Pharmacogenomic biomarkers as inclusion criteria in clinical trials of oncology-targeted drugs: a mapping of ClinicalTrials.gov

A partir de données portant sur 858 essais cliniques ayant évalué 12 thérapies ciblées, cette étude analyse l'usage de critères basés sur des biomarqueurs pharmacogénomiques mesurés dans des biopsies pour inclure ou exclure les patients dans ces essais

Résumé en anglais

Purpose: The aim of this study was to describe pharmacogenomics-based inclusion criteria (enrichment) and the main characteristics of clinical trials involving oncology-targeted therapies.

Methods: Clinical trials of oncology-targeted therapies approved after 2005 with pharmacogenomic testing required or recommended in their label were retrieved from a mapping of the ClinicalTrials.gov database.

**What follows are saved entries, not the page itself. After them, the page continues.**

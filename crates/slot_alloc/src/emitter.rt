//! The emitter: instructions, a move at a time. A placement takes the lowest free slot, a store the next word.
ghost use Rattle.std.specs.Prelude.{◌≡◌, ◌≢◌, ℕ, ◌+◌, ◌<◌, ◌≤◌, length, OnOk, IfOk, ◌++◌, ◌∷◌, []};
ghost use Rattle.std.specs.FinSet as set;
ghost use Rattle.std.specs.List.{All};
ghost use Rattle.comp_graph.specs.Vertices.{AllBelow};
ghost use Rattle.comp_graph.specs.Graphs.{IsOperandBelow, operands_of};
ghost use Rattle.slot_alloc.specs.Emitted.{slot_given, slot_freed, word_given, lowest, source_at, sources, layout_after, code_of_move, first_layout, output_words};
ghost use Rattle.slot_alloc.specs.Emitters.{layout_of, CanBePlayed};

use comp_graph::{Graph, NoMemory, Node, Operand, Output, VertexSet};
use pebble_rules::Move;
use scratch_machine::{Instr, OutWord, Source};
use std::alloc::Global;

/// The instructions so far, the free slots, the slot of each red vertex, the word of each blue vertex, and how many words are taken.
#[derive(Drop)]
pub struct Emitter {
    pub free: VertexSet,
    pub slot_of: [u16; 256],
    pub word_of: [u16; 256],
    pub words: u16,
    pub instructions: Vec<Instr>,
}

impl Emitter {
    /// No instruction yet: all slots are free, and input k has word k.
    pub fn begin(alloc: Global, graph: &Graph, slots: u16) -> Emitter
        requires { slots ≤ 64 }
        ensures layout { layout_of result ≡ first_layout graph.now slots }
        ensures code { result.instructions.items ≡ [] }
    {
        let mut free = VertexSet::empty();
        for s in 0..slots {
            free = free.with(s);
        }
        let words = graph.inputs();
        let mut word_of = [0; 256];
        for k in 0..words {
            word_of[k as usize] = k;
        }
        Emitter {
            free,
            slot_of: [0; 256],
            word_of,
            words,
            instructions: Vec::new(alloc),
        }
    }

    /// The instructions of a move are appended. A `DropRed` has none.
    pub fn play(&mut self, graph: &Graph, mv: Move) -> Result<(), NoMemory>
        requires { CanBePlayed graph.now (layout_of self.old) mv }
        ensures layout { layout_of self.new ≡ layout_after (layout_of self.old) mv }
        ensures code { OnOk result (self.new.instructions.items ≡ self.old.instructions.items ++ code_of_move graph.now (layout_of self.old) mv) }
    {
        match mv {
            Move::Load(v) => self.load(v),
            Move::Store(v) => self.store(v),
            Move::Compute(v) => self.compute(v, &graph.nodes()[v as usize]),
            Move::DropRed(v) => {
                self.drop_red(v);
                Ok(())
            }
            Move::DropBlue(_) => unreachable!(),
        }
    }

    /// The output elements, each with the word of its vertex.
    pub fn output_words(&self, alloc: Global, outputs: &[Output]) -> Result<Vec<OutWord>, NoMemory>
        requires { All (λ o. o.vertex < 256) outputs.now }
        ensures { IfOk result (λ named. named.items ≡ output_words (layout_of self.now) outputs.now) }
    {
        let mut named = Vec::new(alloc);
        for output in outputs {
            let word = self.word_of[output.vertex as usize];
            let label = output.label.copy(alloc)?;
            named.push(OutWord { label, word })?;
        }
        Ok(named)
    }

    fn append(&mut self, instr: Instr) -> Result<(), NoMemory>
        ensures code { OnOk result (self.new.instructions.items ≡ self.old.instructions.items ++ instr ∷ []) }
        ensures layout { layout_of self.new ≡ layout_of self.old }
    {
        self.instructions.push(instr)?;
        Ok(())
    }

    // A vertex takes the lowest free slot.
    fn place(&mut self, v: u16) -> u16
        requires vertex { v < 256 }
        requires room { set.empty ≢ self.old.free }
        requires below { AllBelow 64 self.old.free }
        ensures slot { result ≡ lowest self.old.free }
        ensures layout { layout_of self.new ≡ slot_given (layout_of self.old) v }
        ensures code { self.new.instructions.items ≡ self.old.instructions.items }
    {
        let Some(slot) = self.free.least() else {
            unreachable!()
        };
        self.free = self.free.without(slot);
        self.slot_of[v as usize] = slot;
        slot
    }

    fn load(&mut self, v: u16) -> Result<(), NoMemory>
        requires vertex { v < 256 }
        requires room { set.empty ≢ self.old.free }
        requires below { AllBelow 64 self.old.free }
        ensures layout { layout_of self.new ≡ slot_given (layout_of self.old) v }
        ensures code { OnOk result (self.new.instructions.items ≡ self.old.instructions.items ++ Instr.Load (lowest self.old.free) ((layout_of self.old).word_of v) ∷ []) }
    {
        let word = self.word_of[v as usize];
        let slot = self.place(v);
        self.append(Instr::Load { slot, word })
    }

    fn store(&mut self, v: u16) -> Result<(), NoMemory>
        requires vertex { v < 256 }
        requires room { self.old.words < 256 }
        ensures layout { layout_of self.new ≡ word_given (layout_of self.old) v }
        ensures code { OnOk result (self.new.instructions.items ≡ self.old.instructions.items ++ Instr.Store ((layout_of self.old).slot_of v) self.old.words ∷ []) }
    {
        let slot = self.slot_of[v as usize];
        let word = self.words;
        self.word_of[v as usize] = word;
        self.words += 1;
        self.append(Instr::Store { slot, word })
    }

    fn compute(&mut self, v: u16, node: &Node) -> Result<(), NoMemory>
        requires vertex { v < 256 }
        requires room { set.empty ≢ self.old.free }
        requires below { AllBelow 64 self.old.free }
        requires operands { All (IsOperandBelow 256) (operands_of node.now) }
        ensures layout { layout_of self.new ≡ slot_given (layout_of self.old) v }
        ensures code { OnOk result (self.new.instructions.items ≡ self.old.instructions.items ++ Instr.Apply node.now.op (lowest self.old.free) (sources (layout_of self.old).slot_of node.now.op node.now.args) ∷ []) }
    {
        let args = [
            self.source(node, 0),
            self.source(node, 1),
            self.source(node, 2),
        ];
        let slot = self.place(v);
        self.append(Instr::Apply {
            op: node.op,
            slot,
            args,
        })
    }

    // A vertex leaves its slot, which is free again.
    fn drop_red(&mut self, v: u16)
        requires vertex { v < 256 }
        requires below { (layout_of self.old).slot_of v < 64 }
        ensures layout { layout_of self.new ≡ slot_freed (layout_of self.old) v }
        ensures code { self.new.instructions.items ≡ self.old.instructions.items }
    {
        self.free = self.free.with(self.slot_of[v as usize]);
    }

    // Operand k of an instruction.
    fn source(&self, node: &Node, k: usize) -> Source
        requires place { k < 3 }
        requires operands { All (IsOperandBelow 256) (operands_of node.now) }
        ensures { result ≡ source_at (layout_of self.now).slot_of node.now.op node.now.args k }
    {
        if k >= node.op.arity() as usize {
            return Source::Const(0);
        }
        match node.args[k] {
            Operand::Vertex(u) => Source::Slot(self.slot_of[u as usize]),
            Operand::Const(c) => Source::Const(c),
        }
    }
}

Results: We examined information for 12 drugs and 858 trials. Overall, 434 trials (51%) were enriched on the biomarker first mentioned in the label and 145 (17%) were enriched on another biomarker, whereas 270 trials (31%) included all patients. The median proportion of trials corresponding to both the drug’s indication and drug’s target was 35%. Of the 361 trials that tested drugs in another disease than the first one in the label, 219 (61%) were without enrichment and 87 (24%) were actually enriched but on another biomarker than the first one in the label.

Conclusion: Several drugs have been tested in trials enriched on many different biomarkers. Nonetheless, most targeted therapies have been developed only using biomarker-positive patients; therefore, exclusion of biomarker-negative patients from treatment relies on only preclinical data and on biological understanding of the disease and target.